Bad news for the Alberta oil industry is good news for environmentalists and activists opposed to the tar sands and pipelines
No 664 Posted by fw, January 25, 2013
Absent a turnaround in Alberta’s fortunes, expect a ripple effect throughout Canada’s resource-dependent economy. The following selected passages are excerpted from the hyperlinked article below. Curiously, the original piece makes no mention of the growing protests to stop proposed tar sands pipelines to continental coastal ports to the West, East and South, which are obviously contributing to the pipeline bottleneck.
Subheadings have been added to the abbreviated post below. Click on the linked title to read the full story.
Bitumen bubble means a hard reckoning for Alberta, Redford warns by Josh Wingrove, The Globe and Mail (Edmonton), January 25, 2013
Sinking oil prices and pipeline bottleneck in North America hurting bottom line
Canada’s economic engine is sputtering, with sinking oil prices and a pipeline bottleneck …that’s cutting deeply into Alberta’s bottom line, Premier Alison Redford says.

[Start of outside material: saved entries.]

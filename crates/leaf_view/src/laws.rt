//! Laws of leaves.

ghost use Rattle.std.specs.Prelude.{ℕ, List};
ghost use Rattle.leaf_view.specs.Leaf.{Leaf, IsLeaf};
ghost use Rattle.leaf_view.specs.Parts.{PartsLieIn};

/// Every key, payload, attribute and fence of a leaf is a piece of the bytes that spell it.
pub fn parts_lie_in_the_bytes()
    ensures { (bytes : List ℕ) (l : Leaf) → IsLeaf bytes l → PartsLieIn bytes l }
{}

The province’s oil and gas royalties are now expected to fall $6-billion short of projections in the coming year, Ms. Redford said Thursday evening. That would amount to a 45-per-cent drop at a time when economies across Canada continue to sag and the federal government dials back revenue projections – underscoring how closely national fortunes are tied to the energy sector.
Alberta’s discounted oil has fallen $18 a barrel below the $83 forecast price as sole customer, US, faces oil glut
It’s a complicated series of issues hurting the province’s bottom line. Essentially, Alberta is getting less and less for its oil, even though the North American benchmark price remains relatively strong. That’s because Alberta’s oil has always sold at a discount, one that’s quickly growing as Alberta’s sole primary customer, the United States, faces an oil glut.

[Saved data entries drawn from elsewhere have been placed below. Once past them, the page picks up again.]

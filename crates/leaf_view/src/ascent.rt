//! Records in order, skipped: only the first and the last of them are compared with the fences.

ghost use Rattle.std.specs.Prelude.{◌≡◌, true, Ok, None, Option, IfSome};
ghost use Rattle.std.specs.Option.{option_copied};
ghost use Rattle.byte_format.specs.Format.{list_at};
ghost use Rattle.byte_format.specs.Gives.{Gives, behind_it};
ghost use Rattle.byte_format.specs.Whole.{IsExact};
ghost use Rattle.leaf_view.specs.Ascent.{comes_next, last_below};
ghost use Rattle.leaf_view.specs.Leaf.{record_item};

use crate::entry::{EntryView, entry_at};
use crate::record_rules::RecordRules;
use byte_format::{Stop, is_below, is_below_bound, more_at, skip_list};

/// Whether a key may come next: above the record before, or from the low key on where there is none.
fn comes_next(low: &[u8], before: &Option<EntryView<'_>>, key: &[u8]) -> bool
    ensures { result ≡ comes_next low.now before.now key.now }
{
    match before {
        None => !is_below(key, low),
        Some(last) => is_below(last.key(), key),
    }
}

/// Whether the last record, where there is one, is below the high key.
fn last_below(before: &Option<EntryView<'_>>, high: Option<&[u8]>) -> bool
    ensures { result ≡ last_below before.now (option_copied high.entry) }
{
    match before {
        None => true,
        Some(last) => is_below_bound(last.key(), high),
    }
}

/// The bytes behind the records, where they are in order, the first not below the low key and the last below the high key.
fn behind_ascent<'a>(rules: &RecordRules<'a>, bytes: &'a [u8]) -> Option<&'a [u8]>
    ensures { IfSome result (λ rest. behind_it (list_at true (record_item rules.now.format rules.now.low.now (option_copied rules.now.high)) None bytes.now) ≡ Ok rest.now) }
{
    let mut before: Option<EntryView<'a>> = None;
    let mut rest = bytes;
    'records: loop {
        let Ok((more, behind)) = more_at(rest, true) else {
            return None;
        };
        if !more {
            return if last_below(&before, rules.high) {
                Some(behind)
            } else {
                None
            };
        }
        let Ok((entry, behind)) = entry_at(behind, rules.format) else {
            return None;
        };
        if !comes_next(rules.low, &before, entry.key()) {
            return None;
        }
        before = Some(entry);
        rest = behind;
    }
}

/// The bytes behind the records of a leaf. Each is held against all its rules only where something is amiss, to find the first fault.
pub(crate) fn skip_records<'a>(rules: &RecordRules<'a>, bytes: &'a [u8]) -> Result<&'a [u8], Stop>
    ensures { Gives (λ x. x.now) result (behind_it (list_at true (record_item rules.now.format rules.now.low.now (option_copied rules.now.high)) None bytes.now)) }
{
    match behind_ascent(rules, bytes) {
        Some(rest) => Ok(rest),
        None => skip_list(rules, true, bytes),
    }
}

That gap has hovered between $30 and $40 in recent weeks, meaning Alberta is getting about $50 to $60 a barrel for its oil on a given day. It had forecast $83 per barrel, and a gap of $16. And “the trend is getting worse,” Ms. Redford said.

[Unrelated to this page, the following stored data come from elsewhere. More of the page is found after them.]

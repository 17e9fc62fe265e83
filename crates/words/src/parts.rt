ghost use Rattle.std.specs.Prelude.{◌≡◌, ◌↔◌, ◌∷◌, [], IfSome, IfNone};
ghost use Rattle.std.specs.Option.{option_copied, option_map};
ghost use Rattle.words.specs.Word.{Reads, ReadsBy};
ghost use Rattle.words.specs.Line.{parts_of, parts_left, word_at, number_at, bytes_at, end_at, last_of, numbers_of, one_of, two_of, three_of, place_of, record_of, sum_of};

use crate::bytes::bytes_of;
use crate::fault::TextFault;
use crate::number::number_of;
use db_base::blob::Blob;
use std::alloc::Global;
use std::marker::Model;

/// The parts of a text between separators that are not taken yet, seen as the list of them.
#[derive(Drop)]
pub struct Parts<'a> {
    separator: u8,
    left: Option<&'a [u8]>,
}

impl<'a> Model for Parts<'a> {
    ghost use Rattle.std.specs.Prelude.{List, ℕ};
    ghost use Rattle.std.specs.Option.{option_copied};
    ghost use Rattle.words.specs.Line.{parts_left};

    ghost Value = { List (List ℕ) };

    ghost view = { λ p. parts_left p.separator (option_copied p.left) };
}

/// The text before the first separator, and the text after it where there is one.
fn split_first(separator: u8, text: &[u8]) -> (&[u8], Option<&[u8]>)
    ensures { parts_of separator text.now ≡ result.0.now ∷ parts_left separator (option_copied result.1) }
{
    match text.iter().position(|b| *b == separator) {
        None => (text, None),
        Some(at) => (&text[..at], Some(&text[at + 1..])),
    }
}

impl<'a> Parts<'a> {
    /// The parts of a text, of which there is at least one.
    pub fn of(separator: u8, text: &'a [u8]) -> Parts<'a>
        ensures { result ≡ parts_of separator text.now }
    {
        Parts {
            separator,
            left: Some(text),
        }
    }

    /// Takes the next part, where one is left.
    pub fn next(&mut self) -> Option<&'a [u8]>
        ensures some { IfSome result (λ w. self.old ≡ w.now ∷ self.new) }
        ensures none { IfNone result (self.old ≡ []) }
    {
        match self.left {
            None => None,
            Some(text) => {
                let (word, left) = split_first(self.separator, text);
                self.left = left;
                Some(word)
            }
        }
    }

    /// The next part, and the parts behind it; NotInGrammar exactly where none is left. Takes no memory.
    #[tactic(auto, unfolding(crate::specs::Line::word_at))]
    pub fn word(self) -> Result<(&'a [u8], Parts<'a>), TextFault>
        ensures value { ReadsBy (λ x. (x.0.now, x.1)) result (word_at self.entry) }
        ensures memory { result ≡ Err TextFault.Memory → ⊥ }
    {
        let Parts { separator, left } = self;
        match left {
            None => Err(TextFault::NotInGrammar),
            Some(text) => {
                let (word, left) = split_first(separator, text);
                Ok((word, Parts { separator, left }))
            }
        }
    }

    /// The next part as a number, and the parts behind it. Takes no memory.
    #[tactic(auto, unfolding(crate::specs::Line::word_at, crate::specs::Line::number_at))]
    pub fn number(self) -> Result<(u64, Parts<'a>), TextFault>
        ensures value { Reads result (number_at self.entry) }
        ensures memory { result ≡ Err TextFault.Memory → ⊥ }
    {
        let (word, left) = self.word()?;
        match number_of(word) {
            Some(number) => Ok((number, left)),
            None => Err(TextFault::NotInGrammar),
        }
    }

    /// The next part as bytes in hexadecimal, and the parts behind it.
    #[tactic(auto, unfolding(crate::specs::Line::word_at, crate::specs::Line::bytes_at))]
    pub fn bytes(self, alloc: Global) -> Result<(Blob, Parts<'a>), TextFault>
        ensures { Reads result (bytes_at self.entry) }
    {
        let (word, left) = self.word()?;
        Ok((bytes_of(alloc, word)?, left))
    }

    /// NotInGrammar exactly where a part is left. Takes no memory.
    #[tactic(auto, unfolding(crate::specs::Line::word_at, crate::specs::Line::end_at))]
    pub fn end(self) -> Result<(), TextFault>
        ensures value { Reads result (end_at self.entry) }
        ensures memory { result ≡ Err TextFault.Memory → ⊥ }
    {
        let Parts { separator: _, left } = self;
        match left {
            None => Ok(()),
            Some(_) => Err(TextFault::NotInGrammar),
        }
    }

    /// The last part as bytes in hexadecimal, or none where no part is left; NotInGrammar where another part is behind it.
    #[tactic(auto, unfolding(crate::specs::Line::last_of))]
    pub fn last(self, alloc: Global) -> Result<Option<Blob>, TextFault>
        ensures { Reads result (last_of self.entry) }
    {
        let mut left = self;
        match left.next() {
            None => Ok(None),
            Some(word) => {
                let bytes = bytes_of(alloc, word)?;
                left.end()?;
                Ok(Some(bytes))
            }
        }
    }

    /// All parts as numbers.
    pub fn numbers(self, alloc: Global) -> Result<Vec<u64>, TextFault>
        ensures { ReadsBy (λ v. v.items) result (numbers_of self.entry) }
    {
        let mut left = self;
        let mut numbers = Vec::new(alloc);
        while let Some(word) = left.next() {
            match number_of(word) {
                Some(number) => numbers.push(number)?,
                None => return Err(TextFault::NotInGrammar),
            }
        }
        Ok(numbers)
    }

    /// One number and nothing else. Takes no memory.
    #[tactic(auto, unfolding(crate::specs::Line::one_of))]
    pub fn one_number(self) -> Result<u64, TextFault>
        ensures value { Reads result (one_of self.entry) }
        ensures memory { result ≡ Err TextFault.Memory → ⊥ }
    {
        let (number, left) = self.number()?;
        left.end()?;
        Ok(number)
    }

    /// Two numbers and nothing else. Takes no memory.
    #[tactic(auto, unfolding(crate::specs::Line::two_of))]
    pub fn two_numbers(self) -> Result<(u64, u64), TextFault>
        ensures value { Reads result (two_of self.entry) }
        ensures memory { result ≡ Err TextFault.Memory → ⊥ }
    {
        let (first, left) = self.number()?;
        let (second, left) = left.number()?;
        left.end()?;
        Ok((first, second))
    }

    /// Three numbers and nothing else. Takes no memory.
    #[tactic(auto, unfolding(crate::specs::Line::three_of))]
    pub fn three_numbers(self) -> Result<(u64, u64, u64), TextFault>
        ensures value { Reads result (three_of self.entry) }
        ensures memory { result ≡ Err TextFault.Memory → ⊥ }
    {
        let (first, left) = self.number()?;
        let (second, left) = left.number()?;
        let (third, left) = left.number()?;
        left.end()?;
        Ok((first, second, third))
    }

    /// A number, bytes in hexadecimal, and nothing else.
    #[tactic(auto, unfolding(crate::specs::Line::place_of))]
    pub fn place(self, alloc: Global) -> Result<(u64, Blob), TextFault>
        ensures { Reads result (place_of self.entry) }
    {
        let (number, left) = self.number()?;
        let (bytes, left) = left.bytes(alloc)?;
        left.end()?;
        Ok((number, bytes))
    }

    /// A number, bytes in hexadecimal, a number, and nothing else.
    #[tactic(auto, unfolding(crate::specs::Line::sum_of))]
    pub fn sum(self, alloc: Global) -> Result<(u64, Blob, u64), TextFault>
        ensures { Reads result (sum_of self.entry) }
    {
        let (number, left) = self.number()?;
        let (bytes, left) = left.bytes(alloc)?;
        let (amount, left) = left.number()?;
        left.end()?;
        Ok((number, bytes, amount))
    }

    /// A number, bytes in hexadecimal twice, and nothing else.
    #[tactic(auto, unfolding(crate::specs::Line::record_of))]
    pub fn record(self, alloc: Global) -> Result<(u64, Blob, Blob), TextFault>
        ensures { Reads result (record_of self.entry) }
    {
        let (number, left) = self.number()?;
        let (first, left) = left.bytes(alloc)?;
        let (second, left) = left.bytes(alloc)?;
        left.end()?;
        Ok((number, first, second))
    }
}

To get a competitive price, Alberta must find new markets outside North America
Alberta has little leverage to demand the full North American benchmark price, West Texas Intermediate (WTI), without an ability to sell elsewhere, such as Asia, Ms. Redford said.
“We have a duty to ensure that our resources, especially Alberta oil and gas, get to new markets at a much fairer price … We absolutely must find ways to get Alberta oil to multiple customers around the world and get a competitive price.”